Many followers of Christ feel just as unsettled over the unprecedented transformation in the moral climate of our culture. The world’s views on human sexuality, especially, have changed so quickly that Christians are now labeled as bigots for holding to biblical standards. We don’t know how to act, what to say or not say.

And inside our individual homes, many may be feeling disoriented and disheartened because of illness, hardships, failed relationships, or recent deaths of friends or family. Like a friend of ours who just received a cancer diagnosis—her world has just been shaken. Perhaps your world has been shaken, too.

Our stability

A couple of years ago I (Barbara) was reading through the book of Isaiah, and I came across a passage I had never noticed before. Isaiah 33:5-6 says, “The Lord is exalted, for he dwells on high; he will fill Zion with justice and righteousness, and he will be the stability of your times, abundance of salvation, wisdom, and knowledge; the fear of the Lord is Zion’s treasure.”

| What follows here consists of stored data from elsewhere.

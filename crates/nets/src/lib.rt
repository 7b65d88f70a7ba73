// Nets: aliases, tables, nodes and threads, by value; picks and answers.
#![tactic(auto)]

use rows::{Function, Operands, Relation, Selector};
use values::{Locality, Operand, Site, Vars};

pub mod kinds;
pub mod refusals;
pub mod tables;

// At a site, a locality means a site.
#[derive(Clone, Copy, PartialEq, Eq)]
pub struct Alias {
    pub site: Site,
    pub locality: Locality,
    pub means: Site,
}

#[derive(Clone, Copy, PartialEq, Eq)]
pub struct Table {
    pub site: Site,
    pub name: u32,
    pub content: Relation,
}

// A node of kind 16..26. A field that its kind does not use is zero or absent. Numbers as a record has them, `next` 255 where no node comes after it: a node may be handed in with any byte.
#[derive(Clone, Copy, PartialEq, Eq)]
pub struct Node {
    pub kind: u8,
    pub next: u8,
    pub body: u8,
    pub name: u32,
    pub bound: u8,
    pub read: u8,
    pub function: Function,
    pub column: u8,
    pub columns: usize,
    pub kinds: [u8; 4],
    pub locality: Operand,
    pub selector: Selector,
    pub tuple: Operands,
    pub result: Operand,
}

// A node to run, or a loop node; its frame has the rows still to visit. Two kinds of entries, and neither stands for nothing.
#[derive(Clone, Copy, PartialEq, Eq)]
pub enum Entry {
    Run(u8),
    Loop(u8),
}

#[derive(Clone, Copy, PartialEq, Eq)]
pub struct Frame {
    pub entry: Entry,
    pub visit: [bool; 16],
}

// What a table variable holds; one that holds nothing is unbound.
pub type TableVariable = Option<Relation>;

// What a loop's entry keeps of the moment when the loop was first met: the variables, and the table variable that the loop does not read. The one that it reads
// stays what it was while the entry stands, so the thread's own serves. A parallel loop's is stored and never read.
#[derive(Clone, Copy, PartialEq, Eq)]
pub struct Saved {
    pub vars: Vars,
    pub other: TableVariable,
}

// The stack's top is its last frame in use.
#[derive(Clone, Copy, PartialEq, Eq)]
pub struct Thread {
    pub site: Site,
    pub vars: Vars,
    pub relations: [TableVariable; 2],
    pub stack: [Frame; 8],
    pub depth: usize,
}

// No invariant says that it is sound, or that its counts are within the arrays: nets with any bytes are handed in, and judged by `sound_net`. Arrays with counts, since its memory is fixed.
#[derive(Clone, Copy, PartialEq, Eq)]
pub struct Net {
    pub aliases: [Alias; 56],
    pub aliascount: usize,
    pub tables: [Table; 8],
    pub tablecount: usize,
    pub nodes: [Node; 128],
    pub nodecount: usize,
    pub threads: [Thread; 8],
    pub threadcount: usize,
    // For the entry at place j of the stack of thread i at i * 8 + j. It stands here and not in the frame, so that nothing that hands on a thread copies it.
    pub saved: [Saved; 64],
}

// A pick names a thread place and a row place. Lists of picks come from outside, so the layout is C's.
#[repr(C)]
#[derive(Clone, Copy, PartialEq, Eq)]
pub struct Pick {
    pub thread: u8,
    pub row: u8,
}

// The refusals of a pick, numbers 10 to 20 in this order.
#[derive(Clone, Copy, PartialEq, Eq)]
pub enum Refusal {
    Unsound,
    NoThread,
    Unbound,
    NoSite,
    NoTable,
    TableThere,
    Misfit,
    Held,
    NoResult,
    NotReady,
    Full,
}

// How many rows a pick added and took.
#[derive(Clone, Copy, PartialEq, Eq)]
pub struct Done {
    pub added: usize,
    pub taken: usize,
}

// What a pick comes to: carried out, or refused.
pub type Answer = Result<Done, Refusal>;

#[derive(Clone, Copy, PartialEq, Eq)]
pub struct Stepped {
    pub answer: Answer,
    pub net: Net,
}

I was struck by that phrase in the middle: “and he will be the stability of your times…” At the time our country was experiencing an economic downturn. Everyone in America was feeling the impact.

When life feels insecure and unstable—not just in the world outside but also inside your family—remember that God is ultimately in control. No matter what is happening around you or how unsteady the world feels, He is our sure and stable foundation.

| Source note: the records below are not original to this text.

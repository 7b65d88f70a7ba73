// What a refusal says.
ghost use Rattle.std.specs.Prelude.{◌≡◌, ◌<◌};
ghost use Rattle.nets.specs.Answers.{number_of};

use crate::Refusal;

// The number of the check that failed. A function and no From, since its name says at each call which number is meant.
pub fn number_of(why: Refusal) -> usize
    ensures { (result ≡ number_of why) × (result < 21) }
{
    match why {
        Refusal::Unsound => 10,
        Refusal::NoThread => 11,
        Refusal::Unbound => 12,
        Refusal::NoSite => 13,
        Refusal::NoTable => 14,
        Refusal::TableThere => 15,
        Refusal::Misfit => 16,
        Refusal::Held => 17,
        Refusal::NoResult => 18,
        Refusal::NotReady => 19,
        Refusal::Full => 20,
    }
}
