// Text put into a buffer that the caller lends: bytes, decimal numbers, hexadecimal bytes and words, and texts one behind
// the other. What there is no room for is left out; each call answers where the text ends.
#![tactic(auto)]

ghost use Rattle.std.specs.Prelude.{◌≡◌, min, ◌<◌, List, ℕ, ◌++◌};
ghost use Rattle.text_put.specs.Text.{put_at, end_of, decimal_of, hex_digit, hex_byte, hex_word};

// What has a text that can be put.
// Not std's Display, whose law is of a text that was written whole: put_at and end_of say what a buffer too short for it holds.
// Buffer and place are two parameters: the promise is of both.
pub trait Printed: Copy {
    ghost text: { Self → List ℕ };

    // Puts the text into the buffer from a place on.
    fn put(self, buffer: &mut [u8], at: usize) -> usize
        ensures value { result ≡ end_of buffer.old at (text self) }
        ensures buffer_after { buffer.new ≡ put_at buffer.old at (text self) };
}

// Puts a text into the buffer from a place on.
#[tactic(auto, using(crate::proofs::Laws::put_none), unfolding(crate::specs::Text::end_of, crate::specs::Text::put_at))]
pub fn put(buffer: &mut [u8], at: usize, text: &[u8]) -> usize
    ensures value { result ≡ end_of buffer.old at text.now }
    ensures buffer_after { buffer.new ≡ put_at buffer.old at text.now }
{
    if buffer.len() <= at {
        return buffer.len();
    }
    let n = text.len().min(buffer.len() - at);
    // By each byte: a slice's copy would have a static library want one name more of the C library, memmove.
    for i in 0..n {
        buffer[at + i] = text[i];
    }
    at + n
}

impl Printed for &[u8] {
    ghost text = { λ s. s.now };

    fn put(self, buffer: &mut [u8], at: usize) -> usize {
        put(buffer, at, self)
    }
}

impl<const N: usize> Printed for &[u8; N] {
    ghost text = { λ s. s.now };

    fn put(self, buffer: &mut [u8], at: usize) -> usize {
        put(buffer, at, self.as_slice())
    }
}

// A number, printed in decimal.
#[derive(Clone, Copy)]
pub struct Decimal(pub usize);

impl Printed for Decimal {
    ghost text = { λ n. decimal_of n.0 };

    #[tactic(auto, using(crate::proofs::Digits::decimal))]
    fn put(self, buffer: &mut [u8], at: usize) -> usize {
        // An array of its own: io::decimal writes into one.
        let mut digits = [0u8; 20];
        let count = io::decimal(self.0 as u64, &mut digits);
        put(buffer, at, &digits[..count])
    }
}

// A hexadecimal digit, capital.
fn hex_digit(d: u8) -> u8
    requires { d < 16 }
    ensures { result ≡ hex_digit d }
{
    if d < 10 { 48 + d } else { 55 + d }
}

// A byte, printed in two hexadecimal digits.
#[derive(Clone, Copy)]
pub struct HexByte(pub u8);

impl Printed for HexByte {
    ghost text = { λ byte. hex_byte byte.0 };

    fn put(self, buffer: &mut [u8], at: usize) -> usize {
        put(
            buffer,
            at,
            &[hex_digit(self.0 / 16), hex_digit(self.0 % 16)],
        )
    }
}

// A word, printed in four hexadecimal digits.
#[derive(Clone, Copy)]
pub struct HexWord(pub u16);

impl Printed for HexWord {
    ghost text = { λ word. hex_word word.0 };

    fn put(self, buffer: &mut [u8], at: usize) -> usize {
        let [high, low] = self.0.to_be_bytes();
        (HexByte(high), HexByte(low)).put(buffer, at)
    }
}

// Texts one behind the other.
impl<A: Printed, B: Printed> Printed for (A, B) {
    ghost text = { λ p. A.text p.0 ++ B.text p.1 };

    #[tactic(auto, using(crate::proofs::Laws::end_join, crate::proofs::Laws::put_join))]
    fn put(self, buffer: &mut [u8], at: usize) -> usize {
        let middle = self.0.put(buffer, at);
        self.1.put(buffer, middle)
    }
}

impl<A: Printed, B: Printed, C: Printed> Printed for (A, B, C) {
    ghost text = { λ p. A.text p.0 ++ B.text p.1 ++ C.text p.2 };

    fn put(self, buffer: &mut [u8], at: usize) -> usize {
        ((self.0, self.1), self.2).put(buffer, at)
    }
}

impl<A: Printed, B: Printed, C: Printed, D: Printed> Printed for (A, B, C, D) {
    ghost text = { λ p. A.text p.0 ++ B.text p.1 ++ C.text p.2 ++ D.text p.3 };

    fn put(self, buffer: &mut [u8], at: usize) -> usize {
        ((self.0, self.1, self.2), self.3).put(buffer, at)
    }
}

impl<A: Printed, B: Printed, C: Printed, D: Printed, E: Printed> Printed for (A, B, C, D, E) {
    ghost text = { λ p. A.text p.0 ++ B.text p.1 ++ C.text p.2 ++ D.text p.3 ++ E.text p.4 };

    fn put(self, buffer: &mut [u8], at: usize) -> usize {
        ((self.0, self.1, self.2, self.3), self.4).put(buffer, at)
    }
}
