// Sources by themselves: which of them are no modules.

use crate::faults::put_fault;
use crate::source_file::SourceFile;
use kl1_model::limits::MOST_SOURCE_BYTES;
use kl1_read::{ReadFault, read_module};
use kl1_user_events::Refusal;
use std::alloc::{AllocError, Global};

/// Why a text by itself is no module: each account refuses to load it for this reason.
pub fn fault_in(alloc: Global, text: &[u8]) -> Result<Option<Refusal>, AllocError> {
    if text.len() > MOST_SOURCE_BYTES {
        return Ok(Some(Refusal::Syntax));
    }
    match read_module(alloc, text) {
        Ok(_module) => Ok(None),
        Err(ReadFault::Bad { line }) => Ok(Some(Refusal::Source { line })),
        Err(ReadFault::Memory) => Err(AllocError),
    }
}

/// Puts a line for each file whose text by itself is no module after the bytes. After an `Err` some of them may be there.
pub fn put_checked(
    alloc: Global,
    files: &[SourceFile],
    out: &mut Vec<u8>,
) -> Result<(), AllocError> {
    for file in files {
        if let Some(refusal) = fault_in(alloc, file.text.as_slice())? {
            put_fault(out, file.name.as_slice(), refusal)?;
        }
    }
    Ok(())
}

In many ways, America has been a pretty stable country for the last few decades. But it may not continue to be. When you feel the ground shift beneath your feet, it’s good to remember that Jesus is your Rock and your Fortress. He will be the stability of your times.

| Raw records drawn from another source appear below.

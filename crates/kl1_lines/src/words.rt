// The words of a line.

ghost use Rattle.std.specs.Prelude.{◌≡◌, ◌+◌, ◌<◌, ◌≤◌, bytes_eq, length, false};
ghost use Rattle.kl1_model.specs.Line.{is_space, word_in, behind_word_in, is_blank_line};
ghost use Rattle.kl1_lines.specs.Places.{blank_place, BeginsWord};

/// Whether a byte parts the words of a line.
fn is_space(byte: u8) -> bool
    ensures { result ≡ is_space byte }
{
    byte == b' ' || byte == b'\t'
}

/// A line without the blanks in front.
pub(crate) fn without_blanks(line: &[u8]) -> &[u8]
    ensures word { word_in result.now ≡ word_in line.now }
    ensures behind { behind_word_in result.now ≡ behind_word_in line.now }
    ensures begins { BeginsWord result.now }
    ensures blank { is_blank_line result.now ≡ is_blank_line line.now }
{
    let mut rest = line;
    while let [first, others @ ..] = rest {
        if !is_space(*first) {
            return rest;
        }
        rest = others;
    }
    rest
}

/// The place of the first blank, or how many bytes there are.
fn blank_place(line: &[u8]) -> usize
    ensures value { result ≡ blank_place line.now }
    ensures within { result ≤ length line.now }
{
    let mut place = 0;
    let mut rest = line;
    while let [first, others @ ..] = rest {
        if is_space(*first) {
            return place;
        }
        place += 1;
        rest = others;
    }
    place
}

/// The first word of a line, and what is after it.
pub fn split_word(line: &[u8]) -> (&[u8], &[u8])
    ensures word { result.0.now ≡ word_in line.now }
    ensures behind { result.1.now ≡ behind_word_in line.now }
    ensures less { is_blank_line line.now ≡ false → length result.1.now < length line.now }
{
    let begun = without_blanks(line);
    let place = blank_place(begun);
    (&begun[..place], &begun[place..])
}

/// Whether two texts are the same.
pub fn is_same(text: &[u8], other: &[u8]) -> bool
    ensures { result ≡ bytes_eq text.now other.now }
{
    text == other
}
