// Where what is written goes.

ghost use Rattle.std.specs.Prelude.{◌≡◌, ◌+◌, ℕ, List, length, take, IfOk, OnOk, OnErr};
ghost use Rattle.std.specs.declared.option.Option.{Option};
ghost use Rattle.std.specs.Io.KnownBytes.{Appends, Keeps};
ghost use Rattle.kl1_lines.specs.Devices.{known_while, failures_of, Takes, KeepsIfKnown};

use crate::failure_counter::{DeviceFailed, FailureCounter, has_failed};
use std::io::Write;

/// What takes bytes, and counts the calls that failed.
pub trait Sink {
    // The bytes that it holds, if they are known.
    ghost contents: { Self → Option (List ℕ) };

    // How many calls have failed.
    ghost failures: { Self → ℕ };

    /// Writes bytes from the front of these, and answers how many: at least one, if there is one.
    fn write(&mut self, bytes: &[u8]) -> Result<usize, DeviceFailed>
        ensures ok { IfOk result (λ n. Takes (contents self.old) (contents self.new) n bytes.now) }
        ensures kept { OnOk result (failures self.new ≡ failures self.old) }
        ensures failed { OnErr result (failures self.new ≡ failures self.old + 1) }
        ensures same { OnErr result (KeepsIfKnown (contents self.old) (contents self.new)) };

    /// Sees that what was written goes on its way.
    fn flush(&mut self) -> Result<(), DeviceFailed>
        ensures ok { OnOk result (Keeps (contents self.old) (contents self.new)) }
        ensures kept { OnOk result (failures self.new ≡ failures self.old) }
        ensures failed { OnErr result (failures self.new ≡ failures self.old + 1) }
        ensures same { OnErr result (KeepsIfKnown (contents self.old) (contents self.new)) };
}

impl<W: Write> Sink for FailureCounter<W> {
    ghost contents = { known_while W.contents };

    ghost failures = { failures_of };

    /// Writes once, and again if the call was interrupted. To take no byte is a failure.
    fn write(&mut self, bytes: &[u8]) -> Result<usize, DeviceFailed> {
        if self.failures == u64::MAX {
            return Ok(bytes.len());
        }
        for _ in 0..u64::MAX {
            match self.inner.write(bytes) {
                Ok(count) => {
                    if count == 0 && !bytes.is_empty() {
                        break;
                    }
                    return Ok(count);
                }
                Err(error) => {
                    if has_failed(error) {
                        break;
                    }
                }
            }
        }
        self.failures += 1;
        Err(DeviceFailed)
    }

    fn flush(&mut self) -> Result<(), DeviceFailed> {
        if self.failures == u64::MAX {
            return Ok(());
        }
        match self.inner.flush() {
            Ok(()) => Ok(()),
            Err(_) => {
                self.failures += 1;
                Err(DeviceFailed)
            }
        }
    }
}
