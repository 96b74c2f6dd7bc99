// The reports of a shoen, and the exceptions among them.

ghost use Rattle.std.specs.Prelude.{◌<◌};

use crate::asked::ask;
use crate::exceptions::is_exception;
use kl1_command::UnbookedHost;
use kl1_model::limits::MOST_LISTED;
use kl1_user_events::{Listed, Query, ShoenNo};
use std::alloc::{AllocError, Global};

/// The reports that one reply lists.
pub(crate) const PAGE: u64 = 64;

/// The most replies that list the reports of an account.
const MOST_PAGES: u64 = 262_144;

/// The lines of a shoen's reports, and the exceptions among them.
#[derive(Drop)]
pub(crate) struct Reported {
    pub(crate) reports: Vec<u8>,
    pub(crate) exceptions: Vec<Vec<u8>>,
}

/// Puts a line after the bytes. After an `Err` some of it may be there.
pub(crate) fn put_line(out: &mut Vec<u8>, line: &[u8]) -> Result<(), AllocError> {
    out.extend_from_slice(line)?;
    out.extend_from_slice(b"\n")
}

/// Puts the lines of reports, and the exceptions among them, after those before. After an `Err` some of them may be there.
fn put_page(alloc: Global, texts: &[Vec<u8>], reported: &mut Reported) -> Result<(), AllocError> {
    for text in texts {
        put_line(&mut reported.reports, text.as_slice())?;
        if is_exception(text.as_slice()) {
            let exception = Vec::from_slice(alloc, text.as_slice())?;
            reported.exceptions.push(exception)?;
        }
    }
    Ok(())
}

/// The reports of a shoen from one on, the first being 1: at most 64.
fn page_from<H: UnbookedHost>(
    alloc: Global,
    host: &mut H,
    shoen: ShoenNo,
    done: u64,
) -> Result<Listed, AllocError>
    requires { done < 16777216 }
{
    let from = done + 1;
    let reply = ask(host, Query::Reports { shoen, from })?;
    Ok(reply.into_listed(alloc))
}

/// The lines of a shoen's reports, and the exceptions among them.
pub(crate) fn reported_by<H: UnbookedHost>(
    alloc: Global,
    host: &mut H,
    shoen: ShoenNo,
) -> Result<Reported, AllocError> {
    let mut reported = Reported {
        reports: Vec::new(alloc),
        exceptions: Vec::new(alloc),
    };
    for page in 0..MOST_PAGES {
        let listed = page_from(alloc, host, shoen, PAGE * page)?;
        put_page(alloc, listed.texts(), &mut reported)?;
        // No report comes after a page that isn't full.
        if listed.texts().len() < MOST_LISTED {
            return Ok(reported);
        }
    }
    Ok(reported)
}
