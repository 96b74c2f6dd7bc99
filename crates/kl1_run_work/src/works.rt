// The work: sources, a goal, and its run.

use crate::loads::load_each;
use crate::runs::run_watched;
use crate::source_file::SourceFile;
use crate::starts::start;
use crate::stop::Stop;
use crate::watch::Watch;
use kl1_command::UnbookedHost;
use kl1_term::Term;
use kl1_user_events::ShoenNo;
use std::alloc::Global;

/// What is to be done on an account.
#[derive(Drop)]
pub struct Work {
    /// The files whose sources are loaded, in order.
    pub files: Vec<SourceFile>,
    /// The goal that is started.
    pub goal: Term,
    /// What the goal's shoen may be charged, in reductions.
    pub allowance: u64,
    /// The most first steps that are done. Where a journal has an entry for each, more change nothing after it is full.
    pub steps: u64,
}

/// Loads the sources in order, starts the goal with all priorities, and does first steps until none can step or all are done.
/// Answers the number of the goal's shoen.
pub fn do_work<H: UnbookedHost, T: Watch>(
    alloc: Global,
    host: &mut H,
    work: Work,
    watch: &mut T,
) -> Result<ShoenNo, Stop> {
    let Work {
        files,
        goal,
        allowance,
        steps,
    } = work;
    load_each(alloc, host, files.as_slice())?;
    start_and_run(host, goal, allowance, steps, watch)
}

/// Starts a goal with an allowance and all priorities, and does first steps until none can step or all are done.
fn start_and_run<H: UnbookedHost, T: Watch>(
    host: &mut H,
    goal: Term,
    allowance: u64,
    steps: u64,
    watch: &mut T,
) -> Result<ShoenNo, Stop> {
    let shoen = start(host, goal, allowance)?;
    match run_watched(host, shoen, steps, watch) {
        Ok(()) => Ok(shoen),
        Err(_) => Err(Stop::Memory),
    }
}
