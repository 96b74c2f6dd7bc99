// What is wanted to be told of a goal.

use kl1_user_events::Extent;

/// What is wanted to be told of a goal once its run is over.
#[derive(Clone, Copy)]
pub struct Wanted {
    /// Whether its reports are wanted too.
    pub reports: bool,
    /// How much of its value is wanted.
    pub value: Extent,
}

Dealing with the hardships of life

Life will never be easy. We will always face problems and hardship. That would be true even if our culture felt more stable than it does today, for the Scriptures promise us, “In the world you shall have tribulation.”

So how will we deal with loss, with grief, with fear, with suffering? How do we respond when things don’t go our way? And how do we teach our children to face the hardships of life?

Christians today need to know more about God, more about ourselves, and more about the mission God has given us. Here are seven things to remember:

1. God is alive. He has not disappeared. He is eternal, all-powerful, and all-knowing, just as He has been from the beginning of time. As Isaiah 40:28 tells us, “… The LORD is the everlasting God, the Creator of the ends of the earth. He does not faint or grow weary; his understanding is unsearchable.”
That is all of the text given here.